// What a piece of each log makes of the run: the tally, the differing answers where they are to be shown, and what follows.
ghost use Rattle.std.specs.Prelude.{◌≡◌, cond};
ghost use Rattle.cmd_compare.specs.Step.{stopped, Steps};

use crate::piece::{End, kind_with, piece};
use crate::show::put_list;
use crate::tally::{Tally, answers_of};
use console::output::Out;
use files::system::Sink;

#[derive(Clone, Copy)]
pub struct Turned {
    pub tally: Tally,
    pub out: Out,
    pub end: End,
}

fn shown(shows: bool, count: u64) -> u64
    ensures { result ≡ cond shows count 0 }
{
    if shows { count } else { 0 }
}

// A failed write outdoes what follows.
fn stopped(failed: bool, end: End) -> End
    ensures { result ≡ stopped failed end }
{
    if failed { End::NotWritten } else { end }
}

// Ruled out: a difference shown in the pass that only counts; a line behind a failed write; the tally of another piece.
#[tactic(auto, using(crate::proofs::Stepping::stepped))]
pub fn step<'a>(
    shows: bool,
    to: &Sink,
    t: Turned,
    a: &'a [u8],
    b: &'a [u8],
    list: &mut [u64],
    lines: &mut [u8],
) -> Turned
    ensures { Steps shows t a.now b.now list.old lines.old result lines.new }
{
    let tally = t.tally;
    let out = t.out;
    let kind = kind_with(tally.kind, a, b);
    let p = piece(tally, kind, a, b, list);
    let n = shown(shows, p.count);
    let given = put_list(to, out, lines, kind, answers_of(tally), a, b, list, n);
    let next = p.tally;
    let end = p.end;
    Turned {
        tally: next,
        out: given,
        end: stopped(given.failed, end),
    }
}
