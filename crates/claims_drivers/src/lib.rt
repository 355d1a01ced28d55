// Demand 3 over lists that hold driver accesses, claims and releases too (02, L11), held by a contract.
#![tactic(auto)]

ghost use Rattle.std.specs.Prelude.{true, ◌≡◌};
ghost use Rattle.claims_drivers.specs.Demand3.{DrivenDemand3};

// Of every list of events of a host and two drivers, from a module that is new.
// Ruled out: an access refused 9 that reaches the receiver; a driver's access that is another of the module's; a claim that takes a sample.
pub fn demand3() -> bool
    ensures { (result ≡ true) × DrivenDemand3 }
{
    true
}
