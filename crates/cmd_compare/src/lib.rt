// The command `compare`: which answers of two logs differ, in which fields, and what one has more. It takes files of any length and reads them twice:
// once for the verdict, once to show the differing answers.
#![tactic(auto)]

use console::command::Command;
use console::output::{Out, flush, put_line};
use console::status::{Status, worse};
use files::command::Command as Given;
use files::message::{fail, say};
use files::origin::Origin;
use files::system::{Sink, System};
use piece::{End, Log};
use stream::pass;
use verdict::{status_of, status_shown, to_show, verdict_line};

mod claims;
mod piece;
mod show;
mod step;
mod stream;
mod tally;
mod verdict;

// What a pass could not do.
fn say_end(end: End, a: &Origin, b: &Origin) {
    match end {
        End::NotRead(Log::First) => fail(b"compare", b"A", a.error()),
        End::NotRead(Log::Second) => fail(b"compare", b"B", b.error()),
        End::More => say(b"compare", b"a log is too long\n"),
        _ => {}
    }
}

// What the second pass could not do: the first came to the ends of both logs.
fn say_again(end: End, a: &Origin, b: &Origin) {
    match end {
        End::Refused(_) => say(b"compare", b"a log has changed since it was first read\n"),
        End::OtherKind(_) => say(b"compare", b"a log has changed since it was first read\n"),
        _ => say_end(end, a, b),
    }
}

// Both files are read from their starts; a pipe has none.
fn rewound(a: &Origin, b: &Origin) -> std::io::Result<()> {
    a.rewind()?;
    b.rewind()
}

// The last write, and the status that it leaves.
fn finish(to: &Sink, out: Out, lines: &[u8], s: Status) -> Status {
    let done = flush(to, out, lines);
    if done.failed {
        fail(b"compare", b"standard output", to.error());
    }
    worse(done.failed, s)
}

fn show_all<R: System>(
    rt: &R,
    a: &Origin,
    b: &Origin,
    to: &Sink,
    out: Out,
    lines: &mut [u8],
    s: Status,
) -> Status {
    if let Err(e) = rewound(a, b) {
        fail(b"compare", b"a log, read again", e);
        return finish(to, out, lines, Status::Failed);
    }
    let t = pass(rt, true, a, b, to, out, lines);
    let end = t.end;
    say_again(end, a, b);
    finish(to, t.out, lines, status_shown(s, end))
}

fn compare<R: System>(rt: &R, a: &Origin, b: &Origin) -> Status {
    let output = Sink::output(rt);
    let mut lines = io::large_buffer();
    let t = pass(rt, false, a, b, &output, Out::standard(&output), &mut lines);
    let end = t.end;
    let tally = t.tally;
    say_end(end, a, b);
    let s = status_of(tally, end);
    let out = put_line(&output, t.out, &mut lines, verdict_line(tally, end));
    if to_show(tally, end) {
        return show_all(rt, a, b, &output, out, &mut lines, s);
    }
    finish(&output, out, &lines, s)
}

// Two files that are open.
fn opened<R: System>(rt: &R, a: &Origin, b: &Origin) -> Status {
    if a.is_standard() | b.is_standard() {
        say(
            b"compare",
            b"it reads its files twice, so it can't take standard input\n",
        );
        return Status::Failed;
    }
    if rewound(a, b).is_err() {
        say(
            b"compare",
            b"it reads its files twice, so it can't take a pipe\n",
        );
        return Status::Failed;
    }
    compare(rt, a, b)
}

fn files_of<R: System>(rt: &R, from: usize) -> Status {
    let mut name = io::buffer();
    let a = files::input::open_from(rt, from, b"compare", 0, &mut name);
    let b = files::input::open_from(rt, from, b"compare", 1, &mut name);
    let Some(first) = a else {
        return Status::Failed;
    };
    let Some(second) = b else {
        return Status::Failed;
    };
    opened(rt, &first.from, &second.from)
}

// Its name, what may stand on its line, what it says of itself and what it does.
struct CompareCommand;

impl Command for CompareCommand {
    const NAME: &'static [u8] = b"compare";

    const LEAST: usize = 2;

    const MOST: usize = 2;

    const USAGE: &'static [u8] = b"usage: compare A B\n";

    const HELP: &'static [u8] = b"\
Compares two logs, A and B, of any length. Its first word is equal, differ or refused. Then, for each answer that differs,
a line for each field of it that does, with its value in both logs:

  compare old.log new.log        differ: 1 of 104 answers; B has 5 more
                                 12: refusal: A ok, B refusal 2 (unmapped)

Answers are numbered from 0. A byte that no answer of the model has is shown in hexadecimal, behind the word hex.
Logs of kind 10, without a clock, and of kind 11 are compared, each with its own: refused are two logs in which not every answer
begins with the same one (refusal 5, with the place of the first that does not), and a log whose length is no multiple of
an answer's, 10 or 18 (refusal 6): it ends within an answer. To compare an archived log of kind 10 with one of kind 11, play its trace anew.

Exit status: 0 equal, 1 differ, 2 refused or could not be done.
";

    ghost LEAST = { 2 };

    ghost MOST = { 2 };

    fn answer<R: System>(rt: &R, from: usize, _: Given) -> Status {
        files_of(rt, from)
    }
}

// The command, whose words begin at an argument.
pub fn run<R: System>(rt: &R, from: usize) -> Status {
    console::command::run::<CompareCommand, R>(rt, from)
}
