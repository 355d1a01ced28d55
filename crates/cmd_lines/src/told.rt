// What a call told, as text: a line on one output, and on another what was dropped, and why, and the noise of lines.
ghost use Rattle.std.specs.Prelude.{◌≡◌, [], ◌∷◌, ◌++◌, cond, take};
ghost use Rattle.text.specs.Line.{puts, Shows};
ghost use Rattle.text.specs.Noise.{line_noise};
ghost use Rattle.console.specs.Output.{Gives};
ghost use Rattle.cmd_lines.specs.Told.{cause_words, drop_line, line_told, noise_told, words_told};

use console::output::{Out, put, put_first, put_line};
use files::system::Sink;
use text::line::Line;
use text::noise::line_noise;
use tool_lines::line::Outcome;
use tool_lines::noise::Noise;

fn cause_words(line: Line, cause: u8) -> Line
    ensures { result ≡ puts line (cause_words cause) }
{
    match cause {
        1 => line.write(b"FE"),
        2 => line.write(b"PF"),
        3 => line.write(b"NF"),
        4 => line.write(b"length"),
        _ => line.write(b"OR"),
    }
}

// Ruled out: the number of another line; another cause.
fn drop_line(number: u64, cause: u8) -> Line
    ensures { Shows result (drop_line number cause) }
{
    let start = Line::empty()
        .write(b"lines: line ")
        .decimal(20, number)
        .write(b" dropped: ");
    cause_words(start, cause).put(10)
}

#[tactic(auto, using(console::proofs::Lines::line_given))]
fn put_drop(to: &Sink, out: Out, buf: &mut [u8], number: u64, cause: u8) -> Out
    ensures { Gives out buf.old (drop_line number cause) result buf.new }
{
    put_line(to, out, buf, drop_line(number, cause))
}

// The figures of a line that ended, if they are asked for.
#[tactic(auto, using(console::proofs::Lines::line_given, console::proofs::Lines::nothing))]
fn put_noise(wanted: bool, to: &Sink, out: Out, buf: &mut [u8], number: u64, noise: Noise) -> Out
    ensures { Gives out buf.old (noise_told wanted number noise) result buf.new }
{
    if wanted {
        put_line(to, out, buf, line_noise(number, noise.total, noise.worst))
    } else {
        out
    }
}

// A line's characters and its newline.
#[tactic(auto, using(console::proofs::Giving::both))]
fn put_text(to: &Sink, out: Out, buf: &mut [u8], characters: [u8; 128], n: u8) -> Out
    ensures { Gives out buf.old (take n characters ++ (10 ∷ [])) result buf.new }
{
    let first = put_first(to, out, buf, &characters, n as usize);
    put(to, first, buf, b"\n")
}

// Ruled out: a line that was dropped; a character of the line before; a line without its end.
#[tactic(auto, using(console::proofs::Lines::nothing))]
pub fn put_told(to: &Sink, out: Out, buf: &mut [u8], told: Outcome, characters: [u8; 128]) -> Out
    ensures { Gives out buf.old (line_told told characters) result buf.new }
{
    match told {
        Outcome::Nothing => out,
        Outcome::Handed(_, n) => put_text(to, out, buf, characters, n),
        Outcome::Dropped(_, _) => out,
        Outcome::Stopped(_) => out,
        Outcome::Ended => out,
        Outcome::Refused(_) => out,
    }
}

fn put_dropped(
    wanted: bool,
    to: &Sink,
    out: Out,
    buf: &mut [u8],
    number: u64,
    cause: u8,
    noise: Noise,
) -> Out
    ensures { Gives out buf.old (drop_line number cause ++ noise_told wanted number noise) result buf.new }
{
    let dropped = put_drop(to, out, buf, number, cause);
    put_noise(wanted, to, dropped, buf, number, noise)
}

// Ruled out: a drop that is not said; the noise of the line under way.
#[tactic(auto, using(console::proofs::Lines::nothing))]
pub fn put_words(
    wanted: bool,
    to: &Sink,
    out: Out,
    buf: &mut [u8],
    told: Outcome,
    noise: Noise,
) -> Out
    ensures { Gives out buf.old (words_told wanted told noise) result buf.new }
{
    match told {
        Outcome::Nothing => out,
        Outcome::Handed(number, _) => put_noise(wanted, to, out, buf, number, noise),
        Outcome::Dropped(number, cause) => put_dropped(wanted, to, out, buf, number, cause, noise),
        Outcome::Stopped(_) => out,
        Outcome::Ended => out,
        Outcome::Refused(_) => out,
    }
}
####################
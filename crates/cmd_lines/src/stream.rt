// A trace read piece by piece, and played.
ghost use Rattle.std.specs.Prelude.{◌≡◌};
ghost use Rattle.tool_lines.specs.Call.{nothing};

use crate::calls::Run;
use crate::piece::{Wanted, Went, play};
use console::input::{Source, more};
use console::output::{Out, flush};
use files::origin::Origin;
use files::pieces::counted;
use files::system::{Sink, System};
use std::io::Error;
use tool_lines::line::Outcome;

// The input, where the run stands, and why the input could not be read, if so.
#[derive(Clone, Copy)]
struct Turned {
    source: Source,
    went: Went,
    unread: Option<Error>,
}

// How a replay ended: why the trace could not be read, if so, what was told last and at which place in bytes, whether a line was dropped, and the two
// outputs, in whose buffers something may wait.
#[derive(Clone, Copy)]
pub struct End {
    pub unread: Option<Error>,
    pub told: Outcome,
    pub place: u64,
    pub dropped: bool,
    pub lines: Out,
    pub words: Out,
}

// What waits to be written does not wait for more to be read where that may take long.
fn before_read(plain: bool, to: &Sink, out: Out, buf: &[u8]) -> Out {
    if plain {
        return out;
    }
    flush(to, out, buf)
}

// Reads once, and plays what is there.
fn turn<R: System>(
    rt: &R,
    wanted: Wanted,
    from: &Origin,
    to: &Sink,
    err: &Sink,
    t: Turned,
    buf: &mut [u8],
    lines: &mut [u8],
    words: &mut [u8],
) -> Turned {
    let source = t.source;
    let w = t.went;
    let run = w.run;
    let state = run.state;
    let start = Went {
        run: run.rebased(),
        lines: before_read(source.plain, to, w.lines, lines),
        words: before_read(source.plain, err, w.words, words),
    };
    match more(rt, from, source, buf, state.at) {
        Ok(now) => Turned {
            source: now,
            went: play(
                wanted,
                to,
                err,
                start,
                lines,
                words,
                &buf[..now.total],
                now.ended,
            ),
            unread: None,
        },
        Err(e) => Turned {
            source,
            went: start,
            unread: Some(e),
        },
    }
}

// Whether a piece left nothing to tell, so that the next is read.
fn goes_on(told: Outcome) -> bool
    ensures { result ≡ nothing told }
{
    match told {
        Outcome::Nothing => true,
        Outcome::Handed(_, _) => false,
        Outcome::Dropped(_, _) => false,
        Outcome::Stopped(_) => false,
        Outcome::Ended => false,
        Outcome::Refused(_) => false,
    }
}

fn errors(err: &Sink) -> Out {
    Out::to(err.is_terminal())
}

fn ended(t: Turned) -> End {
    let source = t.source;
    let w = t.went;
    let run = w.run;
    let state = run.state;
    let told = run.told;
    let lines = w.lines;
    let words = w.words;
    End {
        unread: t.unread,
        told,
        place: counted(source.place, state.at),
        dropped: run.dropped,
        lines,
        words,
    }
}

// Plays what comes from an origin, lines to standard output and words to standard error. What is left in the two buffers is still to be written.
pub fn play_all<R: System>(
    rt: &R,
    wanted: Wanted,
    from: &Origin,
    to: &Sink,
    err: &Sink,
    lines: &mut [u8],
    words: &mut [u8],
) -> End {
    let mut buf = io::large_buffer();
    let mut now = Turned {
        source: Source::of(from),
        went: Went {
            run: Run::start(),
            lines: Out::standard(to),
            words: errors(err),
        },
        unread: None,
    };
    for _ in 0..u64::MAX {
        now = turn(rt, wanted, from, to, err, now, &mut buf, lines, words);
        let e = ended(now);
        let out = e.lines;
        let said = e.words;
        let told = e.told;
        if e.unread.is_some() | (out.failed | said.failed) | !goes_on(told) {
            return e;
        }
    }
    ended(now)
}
####################
## [HOW TO COMPLETE THIS TASK]
State the number of lines above that hold the word "whose", and say nothing else.

## [ANSWER BOX]
3